▶ **What you should do**:
Please say how many lines in the records below contain the word "view", giving only the number.

▶ **Collected data entries**:

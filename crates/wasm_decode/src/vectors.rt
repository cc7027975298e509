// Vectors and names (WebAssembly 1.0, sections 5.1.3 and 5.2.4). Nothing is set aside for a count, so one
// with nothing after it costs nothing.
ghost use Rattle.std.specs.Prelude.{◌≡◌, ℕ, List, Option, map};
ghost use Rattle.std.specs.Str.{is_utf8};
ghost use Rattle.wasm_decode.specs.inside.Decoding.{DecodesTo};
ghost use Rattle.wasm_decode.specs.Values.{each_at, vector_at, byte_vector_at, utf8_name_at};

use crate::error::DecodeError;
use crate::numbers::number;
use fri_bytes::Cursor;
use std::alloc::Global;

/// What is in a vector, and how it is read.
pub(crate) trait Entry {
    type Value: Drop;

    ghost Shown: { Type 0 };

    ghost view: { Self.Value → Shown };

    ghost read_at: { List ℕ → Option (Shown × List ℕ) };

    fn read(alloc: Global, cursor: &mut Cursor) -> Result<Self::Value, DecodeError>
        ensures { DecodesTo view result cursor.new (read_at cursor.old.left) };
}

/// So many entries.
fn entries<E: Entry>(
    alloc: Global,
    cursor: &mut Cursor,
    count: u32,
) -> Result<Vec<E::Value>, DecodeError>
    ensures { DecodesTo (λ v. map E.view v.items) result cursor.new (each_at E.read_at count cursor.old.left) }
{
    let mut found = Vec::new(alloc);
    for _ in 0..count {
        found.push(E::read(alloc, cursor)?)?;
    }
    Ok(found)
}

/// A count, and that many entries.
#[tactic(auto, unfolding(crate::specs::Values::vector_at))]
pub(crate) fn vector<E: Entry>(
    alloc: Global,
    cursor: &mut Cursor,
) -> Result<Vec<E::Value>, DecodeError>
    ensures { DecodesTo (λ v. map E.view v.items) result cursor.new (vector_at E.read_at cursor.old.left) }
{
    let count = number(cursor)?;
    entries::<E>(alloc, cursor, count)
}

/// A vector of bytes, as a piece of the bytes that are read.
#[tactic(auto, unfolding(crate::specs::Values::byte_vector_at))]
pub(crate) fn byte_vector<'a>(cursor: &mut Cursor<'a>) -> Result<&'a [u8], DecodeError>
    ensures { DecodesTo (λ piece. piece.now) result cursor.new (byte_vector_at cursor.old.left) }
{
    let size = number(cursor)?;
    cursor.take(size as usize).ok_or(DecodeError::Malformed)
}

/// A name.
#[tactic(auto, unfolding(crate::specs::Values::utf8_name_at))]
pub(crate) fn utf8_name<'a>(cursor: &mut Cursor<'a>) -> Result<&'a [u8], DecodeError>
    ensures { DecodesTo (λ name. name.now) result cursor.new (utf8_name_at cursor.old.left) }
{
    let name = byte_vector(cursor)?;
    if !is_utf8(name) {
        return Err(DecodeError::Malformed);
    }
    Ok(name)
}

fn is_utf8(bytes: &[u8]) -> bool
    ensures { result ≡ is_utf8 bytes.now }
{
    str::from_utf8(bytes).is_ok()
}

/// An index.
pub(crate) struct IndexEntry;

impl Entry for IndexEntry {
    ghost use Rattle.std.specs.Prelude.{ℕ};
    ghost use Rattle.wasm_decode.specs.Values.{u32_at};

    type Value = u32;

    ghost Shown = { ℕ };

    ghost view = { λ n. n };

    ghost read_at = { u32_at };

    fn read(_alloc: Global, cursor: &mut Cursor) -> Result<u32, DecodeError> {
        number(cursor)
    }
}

▶ **Exercise solution**:
5